= The task =
Filter out all lines without the word "usize" from the data below, please, and copy the rest.

= Provided data =
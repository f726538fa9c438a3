//! The ten corrections of numbers that do not go together.
ghost use Rattle.std.specs.Prelude.{◌≡◌, Some, None, nat_lt, if◌then◌else◌, ◌++◌, ◌<◌, ◌≤◌, [], length, slice_get, IfOk, OnOk};
ghost use Rattle.mpm_config.specs.Correction.{becomes, after_corrections, corrected_by, corrected_name_of, after_correction, notices, notices_by, notice_text, notice_of, place_of, quantity_of};
ghost use Rattle.mpm_config.specs.CorrectionInside.{AllReady, IsReadyToCorrect};
ghost use Rattle.mpm_config.specs.Numbers.{IsInRange};
ghost use Rattle.mpm_config.specs.Warning.{warning_bytes};
ghost use Rattle.mpm_config.specs.Directive.{quantity_name};
ghost use Rattle.std.specs.Option.{option_map_or};

use crate::directive::Quantity;
use crate::numbers::Numbers;
use crate::warning::{Warning, Warnings};
use mpm_base::{NoMemory, Octets};
use std::alloc::Global;

/// A correction, named for what it finds.
#[derive(Clone, Copy, Debug, PartialEq, Eq)]
pub enum Correction {
    NoThreads,
    ThreadsAboveLimit,
    WorkersBelowThreads,
    WorkersNoMultiple,
    WorkersAboveProduct,
    NoServers,
    ServersAboveQuotient,
    NoSpare,
    SpareBelowSum,
    RequestsAboveLimit,
}

/// The order in which they are made.
pub const ORDER: [Correction; 10] = [
    Correction::NoThreads,
    Correction::ThreadsAboveLimit,
    Correction::WorkersBelowThreads,
    Correction::WorkersNoMultiple,
    Correction::WorkersAboveProduct,
    Correction::NoServers,
    Correction::ServersAboveQuotient,
    Correction::NoSpare,
    Correction::SpareBelowSum,
    Correction::RequestsAboveLimit,
];

/// The greatest number of responses of one connection.
pub const MOST_RESPONSES: u32 = 65_535;

/// The bound, where the number is below it.
fn raised(number: u32, bound: u32) -> Option<u32>
    ensures { result ≡ (if nat_lt number bound then Some bound else None) }
{
    if number < bound { Some(bound) } else { None }
}

/// The bound, where the number is above it.
fn lowered(number: u32, bound: u32) -> Option<u32>
    ensures { result ≡ (if nat_lt bound number then Some bound else None) }
{
    if bound < number { Some(bound) } else { None }
}

impl Correction {
    /// Its number, from 1.
    pub fn place(self) -> u8
        ensures { result ≡ place_of self }
    {
        self as u8 + 1
    }

    /// The number that it corrects.
    pub fn quantity(self) -> Quantity
        ensures { result ≡ quantity_of self }
    {
        match self {
            Correction::NoThreads | Correction::ThreadsAboveLimit => Quantity::ThreadsPerChild,
            Correction::WorkersBelowThreads
            | Correction::WorkersNoMultiple
            | Correction::WorkersAboveProduct => Quantity::MaxRequestWorkers,
            Correction::NoServers | Correction::ServersAboveQuotient => Quantity::StartServers,
            Correction::NoSpare => Quantity::MinSpareThreads,
            Correction::SpareBelowSum => Quantity::MaxSpareThreads,
            Correction::RequestsAboveLimit => Quantity::MaxKeepAliveRequests,
        }
    }

    /// What that number becomes, where the correction applies.
    pub fn becomes(self, n: &Numbers) -> Option<u32>
        requires { IsReadyToCorrect self n.now }
        ensures { result ≡ becomes self n.now }
    {
        match self {
            Correction::NoThreads => raised(n.threads, 1),
            Correction::ThreadsAboveLimit => lowered(n.threads, n.thread_limit),
            Correction::WorkersBelowThreads => raised(n.max_workers, n.threads),
            Correction::WorkersNoMultiple => lowered(
                n.max_workers,
                n.max_workers / n.threads * n.threads,
            ),
            Correction::WorkersAboveProduct => lowered(n.max_workers, n.server_limit * n.threads),
            Correction::NoServers => raised(n.start_servers, 1),
            Correction::ServersAboveQuotient => lowered(n.start_servers, n.max_workers / n.threads),
            Correction::NoSpare => raised(n.min_spare, 1),
            Correction::SpareBelowSum => raised(n.max_spare, n.min_spare + n.threads),
            Correction::RequestsAboveLimit => lowered(n.most, MOST_RESPONSES),
        }
    }

    /// Makes the correction where it applies, and then tells it.
    pub fn fix(self, numbers: &mut Numbers) -> Option<Warning>
        requires { IsReadyToCorrect self numbers.old }
        ensures numbers { numbers.new ≡ after_correction self numbers.old }
        ensures notice { result ≡ notice_of self numbers.old }
    {
        let quantity = self.quantity();
        let was = numbers.get(quantity);
        let now = self.becomes(numbers)?;
        numbers.set(quantity, now);
        Some(Warning {
            correction: self.place(),
            was,
            now: u64::from(now),
        })
    }
}

/// Makes some corrections, one after the other.
fn correct_by(numbers: &mut Numbers, corrections: &[Correction])
    requires { AllReady corrections.now numbers.old }
    ensures { numbers.new ≡ corrected_by corrections.now numbers.old }
{
    for correction in corrections {
        let _ = correction.fix(numbers);
    }
}

/// Makes some corrections, one after the other, and puts down what they tell.
fn tell_by(
    numbers: &mut Numbers,
    corrections: &[Correction],
    warnings: &mut Warnings,
) -> Result<(), NoMemory>
    requires { AllReady corrections.now numbers.old }
    ensures { OnOk result (warnings.new ≡ warnings.old ++ notices_by corrections.now numbers.old) }
{
    for correction in corrections {
        if let Some(warning) = correction.fix(numbers) {
            warnings.push(warning)?;
        }
    }
    Ok(())
}

/// The numbers after the ten corrections.
pub fn correct(written: &Numbers) -> Numbers
    requires { IsInRange written.now }
    ensures { result ≡ after_corrections written.now }
{
    let mut numbers = *written;
    correct_by(&mut numbers, &ORDER);
    numbers
}

/// What the ten corrections tell.
pub fn warnings_of(alloc: Global, written: &Numbers) -> Result<Warnings, NoMemory>
    requires { IsInRange written.now }
    ensures { IfOk result (λ w. w ≡ notices written.now) }
{
    let mut numbers = *written;
    let mut warnings = Warnings::make(alloc);
    tell_by(&mut numbers, &ORDER, &mut warnings)?;
    Ok(warnings)
}

/// The name of the number that the correction at a place corrects.
fn name_at(corrections: &[Correction], place: usize) -> &'static str
    requires { place < length corrections.now }
    ensures { result.now
        ≡ option_map_or (λ c. quantity_name (quantity_of c)) (slice_get corrections.now place) [] }
{
    corrections[place].quantity().name()
}

/// The name of the number that a correction of that number corrects.
fn corrected_name(correction: u8) -> &'static str
    requires from { 1 ≤ correction }
    requires to { correction ≤ 10 }
    ensures { result.now ≡ corrected_name_of correction }
{
    name_at(&ORDER, usize::from(correction) - 1)
}

/// Adds the line of a warning.
fn add_warning(text: &mut Octets, name: &str, was: u64, now: u64) -> Result<(), NoMemory>
    ensures { OnOk result (text.new ≡ text.old ++ warning_bytes name.now was now) }
{
    text.add(b"warning: ")?;
    text.add(name.as_bytes())?;
    text.add(b" ")?;
    text.add_number(was)?;
    text.add(b" changed to ")?;
    text.add_number(now)?;
    text.add(b"\n")
}

/// The line that tells an operator of a correction: `warning: NAME WAS changed to NOW` and a line feed.
pub fn warning_text(alloc: Global, w: &Warning) -> Result<Octets, NoMemory>
    ensures { IfOk result (λ text. text ≡ notice_text w.entry.now) }
{
    let name = corrected_name(w.correction);
    let mut text = Octets::make(alloc);
    add_warning(&mut text, name, w.was, w.now)?;
    Ok(text)
}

= Output =
fn name_at(corrections: &[Correction], place: usize) -> &'static str
    name_at(&ORDER, usize::from(correction) - 1)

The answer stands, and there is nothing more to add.